American poet (1928–2001)

Leo Connellan (November 30, 1928 - February 22, 2001) was an American poet of the Beat Generation born in Portland, Maine, who served as Connecticut's Poet Laureate from 1996 until his death in 2001.

==Life==
Leo Connellan grew up in Rockland, Maine, attended the University of Maine and served in the U.S. Army. Mainly in the 1950s, when he was between the ages of 19 and 32, Connellan travelled the contiguous 48 states, going back and forth between New York City and California. At age 32, he married his wife Nancy, and took work as a salesman after his daughter Amy was born, moving his family to Connecticut in 1969 to take over a new sales territory in New England. He lived at the time of his death in Sprague, Connecticut. He was the uncle of Wall Street businessman Peter Connellan.

==Work as a poet==
During the 1950s, Leo Connellan lived in Greenwich Village, Manhattan, which puts him in the Beat Generation of poets. Connellan's rough, "everyman" lyricism won him the admiration of such poet-critics as Karl Shapiro, Richard Eberhart, Richard Wilbur, and David B. Axelrod. Connellan won the Shelley Memorial Award from the Poetry Society of America and served as Connecticut's second Poet Laureate from 1996 until his death. His duties in this post were little defined, but Connellan said he saw promoting poetry in schools and supporting new writers as among his most important responsibilities. From 1987 until the time of his death, he was poet-in-residence for the Connecticut State University System. He was designated one of Maine's most prominent poets in the Maine Literary Hall of Fame.
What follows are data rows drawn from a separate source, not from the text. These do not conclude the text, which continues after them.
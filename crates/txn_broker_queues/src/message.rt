//! Messages, as a queue has them.

use amqp_txn_types::{Items, NoMemory, Payload, TryClone};

/// A message that waits in a queue.
#[derive(Debug, Drop, PartialEq)]
pub struct Message {
    /// How many messages were taken before it.
    pub number: u32,
    /// Its octets.
    pub payload: Payload,
}

impl TryClone for Message {
    fn try_clone(&self) -> Result<Self, NoMemory> {
        Ok(Message {
            number: self.number,
            payload: self.payload.try_clone()?,
        })
    }
}

/// The messages of a queue, in the order in which they came.
pub type Messages = Items<Message>;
Connellan took among his themes the fishing and lobstering industries in Maine, and the lives of New York commuters. His work featured in anthologies, including Wesley McNair's The Maine Poets: An Anthology of Verse, and the Curbstone Press's Poetry like bread anthology of "poets of the political imagination."

Cover of Crossing America, considered by many to be Connellan at his best.

==List of Publications==
- The Maine Poems (1999)
- Short Poems, City Poems, 1944--1998 (1998)
- Provincetown and Other Poems (1995)
- New and Collected Poems (1989)
- The Clear Blue Lobster-Water Country: A Trilogy (1985)
- Shatterhouse (1983)
- Massachusetts Poems (1981)
- The Gunman and Other poems (1979)
- Death in Lobster Land: New Poems (1978)
- First Selected Poems (1976)
- Crossing America (1976)
- Another Poet in New York (1975)
- Penobscot Poems (1974)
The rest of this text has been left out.